Source data:
--------------------------------

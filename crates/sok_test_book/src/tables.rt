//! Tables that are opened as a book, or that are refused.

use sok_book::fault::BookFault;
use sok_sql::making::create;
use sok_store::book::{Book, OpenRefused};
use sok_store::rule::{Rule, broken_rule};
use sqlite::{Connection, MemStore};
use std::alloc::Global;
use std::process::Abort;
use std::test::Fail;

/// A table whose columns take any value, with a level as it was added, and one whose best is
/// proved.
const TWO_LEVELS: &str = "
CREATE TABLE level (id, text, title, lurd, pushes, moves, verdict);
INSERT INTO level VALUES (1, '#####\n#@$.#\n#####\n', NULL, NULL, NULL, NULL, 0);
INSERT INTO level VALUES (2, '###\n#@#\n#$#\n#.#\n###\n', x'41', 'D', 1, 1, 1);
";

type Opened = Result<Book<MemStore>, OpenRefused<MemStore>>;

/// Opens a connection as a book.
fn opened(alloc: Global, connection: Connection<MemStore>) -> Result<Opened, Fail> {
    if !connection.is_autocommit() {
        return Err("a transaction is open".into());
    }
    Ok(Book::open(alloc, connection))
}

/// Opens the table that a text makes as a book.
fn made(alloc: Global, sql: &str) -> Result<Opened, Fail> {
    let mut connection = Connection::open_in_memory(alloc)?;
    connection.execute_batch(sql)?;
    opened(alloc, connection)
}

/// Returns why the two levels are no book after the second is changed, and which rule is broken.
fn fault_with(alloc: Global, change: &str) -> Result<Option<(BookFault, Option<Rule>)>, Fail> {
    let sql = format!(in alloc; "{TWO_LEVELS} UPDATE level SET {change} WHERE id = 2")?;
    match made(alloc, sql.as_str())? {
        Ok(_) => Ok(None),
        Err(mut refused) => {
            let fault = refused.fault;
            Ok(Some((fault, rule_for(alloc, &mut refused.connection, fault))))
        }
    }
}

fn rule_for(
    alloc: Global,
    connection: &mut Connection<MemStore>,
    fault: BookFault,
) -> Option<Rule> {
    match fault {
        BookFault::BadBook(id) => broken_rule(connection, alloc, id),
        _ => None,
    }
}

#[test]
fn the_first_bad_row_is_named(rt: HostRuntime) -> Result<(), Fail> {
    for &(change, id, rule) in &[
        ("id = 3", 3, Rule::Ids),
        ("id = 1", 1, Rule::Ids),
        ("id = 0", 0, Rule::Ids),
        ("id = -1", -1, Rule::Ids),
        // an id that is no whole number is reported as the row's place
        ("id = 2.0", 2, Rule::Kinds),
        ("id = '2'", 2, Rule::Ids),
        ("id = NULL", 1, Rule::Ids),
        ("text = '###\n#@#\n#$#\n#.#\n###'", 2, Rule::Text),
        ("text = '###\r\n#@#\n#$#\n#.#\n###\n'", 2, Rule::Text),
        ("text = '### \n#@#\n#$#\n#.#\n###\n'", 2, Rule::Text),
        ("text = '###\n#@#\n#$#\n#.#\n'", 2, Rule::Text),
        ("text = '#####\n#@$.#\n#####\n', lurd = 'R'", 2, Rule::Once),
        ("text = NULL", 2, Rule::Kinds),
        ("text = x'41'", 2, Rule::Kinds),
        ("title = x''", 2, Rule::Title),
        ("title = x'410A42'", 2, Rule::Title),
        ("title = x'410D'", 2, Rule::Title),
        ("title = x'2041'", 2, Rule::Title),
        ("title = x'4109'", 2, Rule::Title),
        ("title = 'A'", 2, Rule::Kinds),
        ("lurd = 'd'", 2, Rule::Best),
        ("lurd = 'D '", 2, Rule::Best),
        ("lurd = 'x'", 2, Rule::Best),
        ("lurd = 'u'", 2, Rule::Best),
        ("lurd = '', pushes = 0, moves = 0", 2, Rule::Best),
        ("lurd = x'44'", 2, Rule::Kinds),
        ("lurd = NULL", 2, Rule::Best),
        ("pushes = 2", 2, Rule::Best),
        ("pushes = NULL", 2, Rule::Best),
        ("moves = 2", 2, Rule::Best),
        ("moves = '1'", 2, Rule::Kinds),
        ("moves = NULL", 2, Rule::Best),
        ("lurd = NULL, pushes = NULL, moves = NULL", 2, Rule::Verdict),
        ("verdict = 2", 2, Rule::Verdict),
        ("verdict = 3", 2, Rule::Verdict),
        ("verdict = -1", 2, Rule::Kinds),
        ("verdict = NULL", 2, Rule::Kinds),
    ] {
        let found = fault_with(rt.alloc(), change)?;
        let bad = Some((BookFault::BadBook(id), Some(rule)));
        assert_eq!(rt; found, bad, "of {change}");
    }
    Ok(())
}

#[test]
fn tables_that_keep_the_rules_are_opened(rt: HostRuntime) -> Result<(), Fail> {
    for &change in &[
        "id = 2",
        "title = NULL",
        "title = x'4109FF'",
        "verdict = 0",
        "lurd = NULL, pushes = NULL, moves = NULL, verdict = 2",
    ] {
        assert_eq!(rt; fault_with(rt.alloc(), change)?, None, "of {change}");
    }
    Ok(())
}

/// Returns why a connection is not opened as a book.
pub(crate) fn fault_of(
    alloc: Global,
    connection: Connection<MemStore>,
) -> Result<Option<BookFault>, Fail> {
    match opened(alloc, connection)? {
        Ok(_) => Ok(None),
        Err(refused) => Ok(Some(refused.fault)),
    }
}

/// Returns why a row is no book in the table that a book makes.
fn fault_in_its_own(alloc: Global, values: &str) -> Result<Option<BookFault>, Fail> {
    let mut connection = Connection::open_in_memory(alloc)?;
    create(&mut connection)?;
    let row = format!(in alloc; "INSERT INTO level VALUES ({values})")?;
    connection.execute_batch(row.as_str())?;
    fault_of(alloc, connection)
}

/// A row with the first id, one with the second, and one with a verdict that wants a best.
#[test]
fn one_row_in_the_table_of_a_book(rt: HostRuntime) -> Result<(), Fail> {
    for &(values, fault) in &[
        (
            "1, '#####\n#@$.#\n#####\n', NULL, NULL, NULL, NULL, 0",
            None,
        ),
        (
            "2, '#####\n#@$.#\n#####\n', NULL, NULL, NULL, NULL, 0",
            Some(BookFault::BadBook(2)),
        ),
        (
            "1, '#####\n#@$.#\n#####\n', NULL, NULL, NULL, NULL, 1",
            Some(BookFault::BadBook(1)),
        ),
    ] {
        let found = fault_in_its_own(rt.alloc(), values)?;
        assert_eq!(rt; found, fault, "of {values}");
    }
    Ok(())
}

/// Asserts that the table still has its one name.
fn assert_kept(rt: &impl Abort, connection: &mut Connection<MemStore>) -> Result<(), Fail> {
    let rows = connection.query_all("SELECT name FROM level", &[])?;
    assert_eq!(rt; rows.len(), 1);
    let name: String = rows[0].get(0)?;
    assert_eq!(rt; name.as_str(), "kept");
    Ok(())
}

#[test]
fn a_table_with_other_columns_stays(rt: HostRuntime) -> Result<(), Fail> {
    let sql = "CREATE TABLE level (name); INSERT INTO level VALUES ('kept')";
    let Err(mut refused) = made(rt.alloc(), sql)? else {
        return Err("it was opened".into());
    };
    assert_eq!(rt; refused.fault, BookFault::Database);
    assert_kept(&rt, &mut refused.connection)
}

--------------------------------

- _Exercise brief_: Pick out every line above that contains the word "Option" and copy it.

- _Response below_:
fn fault_with(alloc: Global, change: &str) -> Result<Option<(BookFault, Option<Rule>)>, Fail> {
) -> Option<Rule> {
) -> Result<Option<BookFault>, Fail> {
fn fault_in_its_own(alloc: Global, values: &str) -> Result<Option<BookFault>, Fail> {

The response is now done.